YOUR OBJECTIVE:
Give back the entire listing below, unaltered.

PROVIDED INFORMATION:
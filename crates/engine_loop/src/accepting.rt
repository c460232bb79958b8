// Connections are taken in, as many as are there.
ghost use Rattle.std.specs.Prelude.{◌≡◌, ◌<◌, true, false, None, IfOk, OnOk};
ghost use Rattle.std.specs.VecDeque.{deque_items, deque_len, deque_capacity};
ghost use Rattle.futures.specs.Task.{Keeps};
ghost use Rattle.engine_ports.specs.Clock.{ClockView};
ghost use Rattle.polled_ports.specs.PollDoor.{untimed};
ghost use Rattle.session_poll.specs.Standing.{IsNew};
ghost use Rattle.engine_loop.specs.Standing.{CanServe, DoorWaits, GoesOn, MayTake, StandStill, TakesOne, one_less};

use crate::connection::{Connection, Halves};
use crate::serving::Serving;
use door_model::worse_of;
use engine_text::NoMemory;
use futures::task::{Context, Poll};
use polled_ports::{Accepted, PollDoor, PollSink, PollSource};
use session_model::Worst;
use session_poll::Session;
use std::alloc::Global;
use std::snapshot::Snapshot;

impl<S: PollSource + Drop, K: PollSink + Drop> Serving<S, K> {
    /// A session for the next connection, and room for it.
    fn prepare(&mut self, alloc: Global) -> Result<Session, NoMemory>
        ensures ok { IfOk result (IsNew self.old.coming.next) }
        ensures room { OnOk result (deque_len self.new.connections < deque_capacity self.new.connections) }
        ensures connections { deque_items self.new.connections ≡ deque_items self.old.connections }
        ensures same { self.new ≡ record self.old { connections = self.new.connections } }
    {
        let session = Session::new(alloc, self.coming.next)?;
        self.connections.reserve(1)?;
        Ok(session)
    }

    /// Takes a connection in that came; or leaves it to the door unread, for want of memory.
    fn take_in<D: PollDoor<From = S, Into = K>>(
        &mut self,
        alloc: Global,
        door: &mut D,
        source: S,
        sink: K,
    )
        requires may { MayTake self.old.coming }
        requires owed { 0 < (D.opens door.old).door.owed }
        ensures takes { TakesOne S.gives K.takes self.old self.new
            (untimed (S.gives source) (K.takes sink)) (D.opens door.old) (D.opens door.new) }
        ensures stood { StandStill S.gives K.takes self.old self.new }
        ensures coming { self.new.coming ≡ one_less self.old.coming }
        ensures stop { self.new.stop ≡ self.old.stop }
        ensures registered { (D.opens door.new).registered ≡ (D.opens door.old).registered }
    {
        let number = self.coming.next;
        let prepared = self.prepare(alloc);
        self.coming.next = number + 1;
        self.coming.left -= 1;
        match prepared {
            Ok(session) => {
                let conn = Halves::new(source, sink);
                let came = Snapshot::of(&conn);
                self.connections.push_back_reserved(Connection {
                    number,
                    conn,
                    came,
                    session,
                });
            }
            Err(NoMemory) => {
                self.worst = worse_of(self.worst, Worst::NoMemory);
                door.leave(number, source, sink);
            }
        }
    }

    /// Takes in the next one, if it is there; whether another may be.
    fn accept_one<D: PollDoor<From = S, Into = K>>(
        &mut self,
        alloc: Global,
        door: &mut D,
        cx: &mut Context<'_>,
    ) -> bool
        requires may { MayTake self.old.coming }
        ensures goes { (t : ClockView) → GoesOn S.gives K.takes self.old self.new
            (D.opens door.old) (D.opens door.new) t t }
        ensures stood { StandStill S.gives K.takes self.old self.new }
        ensures came { result ≡ true → (self.new.coming ≡ one_less self.old.coming)
            × ((D.opens door.new).registered ≡ (D.opens door.old).registered) }
        ensures waits { result ≡ false → DoorWaits S.gives K.takes self.new cx.new
            (D.opens door.old) (D.opens door.new) }
        ensures stop { self.new.stop ≡ self.old.stop }
        ensures kept { Keeps cx.old cx.new }
    {
        match door.poll_accept(cx) {
            Poll::Ready(Accepted::Conn(source, sink)) => {
                self.take_in(alloc, door, source, sink);
                return true;
            }
            Poll::Ready(Accepted::Shut) => self.coming.end = Some(Worst::Closed),
            Poll::Ready(Accepted::Failed) => self.coming.end = Some(Worst::Fault),
            Poll::Pending => {}
        }
        false
    }

    /// Takes in all that are there, where one more may come.
    pub(crate) fn accept_all<D: PollDoor<From = S, Into = K>>(
        &mut self,
        alloc: Global,
        door: &mut D,
        cx: &mut Context<'_>,
    )
        requires stands { (t : ClockView) × CanServe S.gives K.takes self.old (D.opens door.old) t }
        ensures goes { (t : ClockView) → GoesOn S.gives K.takes self.old self.new
            (D.opens door.old) (D.opens door.new) t t }
        ensures stood { StandStill S.gives K.takes self.old self.new }
        ensures waits { DoorWaits S.gives K.takes self.new cx.new
            (D.opens door.old) (D.opens door.new) }
        ensures stop { self.new.stop ≡ self.old.stop }
        ensures kept { Keeps cx.old cx.new }
    {
        if self.stop || self.coming.end.is_some() {
            return;
        }
        for _ in 0..self.coming.left {
            if !self.accept_one(alloc, door, cx) {
                break;
            }
        }
    }
}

RESPONSE BOX:
filename crates/engine_loop/src/accepting.rt
repository c460232bb79958b8
// Connections are taken in, as many as are there.
ghost use Rattle.std.specs.Prelude.{◌≡◌, ◌<◌, true, false, None, IfOk, OnOk};
ghost use Rattle.std.specs.VecDeque.{deque_items, deque_len, deque_capacity};
ghost use Rattle.futures.specs.Task.{Keeps};
ghost use Rattle.engine_ports.specs.Clock.{ClockView};
ghost use Rattle.polled_ports.specs.PollDoor.{untimed};
ghost use Rattle.session_poll.specs.Standing.{IsNew};
ghost use Rattle.engine_loop.specs.Standing.{CanServe, DoorWaits, GoesOn, MayTake, StandStill, TakesOne, one_less};

use crate::connection::{Connection, Halves};
use crate::serving::Serving;
use door_model::worse_of;
use engine_text::NoMemory;
use futures::task::{Context, Poll};
use polled_ports::{Accepted, PollDoor, PollSink, PollSource};
use session_model::Worst;
use session_poll::Session;
use std::alloc::Global;
use std::snapshot::Snapshot;

impl<S: PollSource + Drop, K: PollSink + Drop> Serving<S, K> {
    /// A session for the next connection, and room for it.
    fn prepare(&mut self, alloc: Global) -> Result<Session, NoMemory>
        ensures ok { IfOk result (IsNew self.old.coming.next) }
        ensures room { OnOk result (deque_len self.new.connections < deque_capacity self.new.connections) }
        ensures connections { deque_items self.new.connections ≡ deque_items self.old.connections }
        ensures same { self.new ≡ record self.old { connections = self.new.connections } }
    {
        let session = Session::new(alloc, self.coming.next)?;
        self.connections.reserve(1)?;
        Ok(session)
    }

    /// Takes a connection in that came; or leaves it to the door unread, for want of memory.
    fn take_in<D: PollDoor<From = S, Into = K>>(
        &mut self,
        alloc: Global,
        door: &mut D,
        source: S,
        sink: K,
    )
        requires may { MayTake self.old.coming }
        requires owed { 0 < (D.opens door.old).door.owed }
        ensures takes { TakesOne S.gives K.takes self.old self.new
            (untimed (S.gives source) (K.takes sink)) (D.opens door.old) (D.opens door.new) }
        ensures stood { StandStill S.gives K.takes self.old self.new }
        ensures coming { self.new.coming ≡ one_less self.old.coming }
        ensures stop { self.new.stop ≡ self.old.stop }
        ensures registered { (D.opens door.new).registered ≡ (D.opens door.old).registered }
    {
        let number = self.coming.next;
        let prepared = self.prepare(alloc);
        self.coming.next = number + 1;
        self.coming.left -= 1;
        match prepared {
            Ok(session) => {
                let conn = Halves::new(source, sink);
                let came = Snapshot::of(&conn);
                self.connections.push_back_reserved(Connection {
                    number,
                    conn,
                    came,
                    session,
                });
            }
            Err(NoMemory) => {
                self.worst = worse_of(self.worst, Worst::NoMemory);
                door.leave(number, source, sink);
            }
        }
    }

    /// Takes in the next one, if it is there; whether another may be.
    fn accept_one<D: PollDoor<From = S, Into = K>>(
        &mut self,
        alloc: Global,
        door: &mut D,
        cx: &mut Context<'_>,
    ) -> bool
        requires may { MayTake self.old.coming }
        ensures goes { (t : ClockView) → GoesOn S.gives K.takes self.old self.new
            (D.opens door.old) (D.opens door.new) t t }
        ensures stood { StandStill S.gives K.takes self.old self.new }
        ensures came { result ≡ true → (self.new.coming ≡ one_less self.old.coming)
            × ((D.opens door.new).registered ≡ (D.opens door.old).registered) }
        ensures waits { result ≡ false → DoorWaits S.gives K.takes self.new cx.new
            (D.opens door.old) (D.opens door.new) }
        ensures stop { self.new.stop ≡ self.old.stop }
        ensures kept { Keeps cx.old cx.new }
    {
        match door.poll_accept(cx) {
            Poll::Ready(Accepted::Conn(source, sink)) => {
                self.take_in(alloc, door, source, sink);
                return true;
            }
            Poll::Ready(Accepted::Shut) => self.coming.end = Some(Worst::Closed),
            Poll::Ready(Accepted::Failed) => self.coming.end = Some(Worst::Fault),
            Poll::Pending => {}
        }
        false
    }

    /// Takes in all that are there, where one more may come.
    pub(crate) fn accept_all<D: PollDoor<From = S, Into = K>>(
        &mut self,
        alloc: Global,
        door: &mut D,
        cx: &mut Context<'_>,
    )
        requires stands { (t : ClockView) × CanServe S.gives K.takes self.old (D.opens door.old) t }
        ensures goes { (t : ClockView) → GoesOn S.gives K.takes self.old self.new
            (D.opens door.old) (D.opens door.new) t t }
        ensures stood { StandStill S.gives K.takes self.old self.new }
        ensures waits { DoorWaits S.gives K.takes self.new cx.new
            (D.opens door.old) (D.opens door.new) }
        ensures stop { self.new.stop ≡ self.old.stop }
        ensures kept { Keeps cx.old cx.new }
    {
        if self.stop || self.coming.end.is_some() {
            return;
        }
        for _ in 0..self.coming.left {
            if !self.accept_one(alloc, door, cx) {
                break;
            }
        }
    }
}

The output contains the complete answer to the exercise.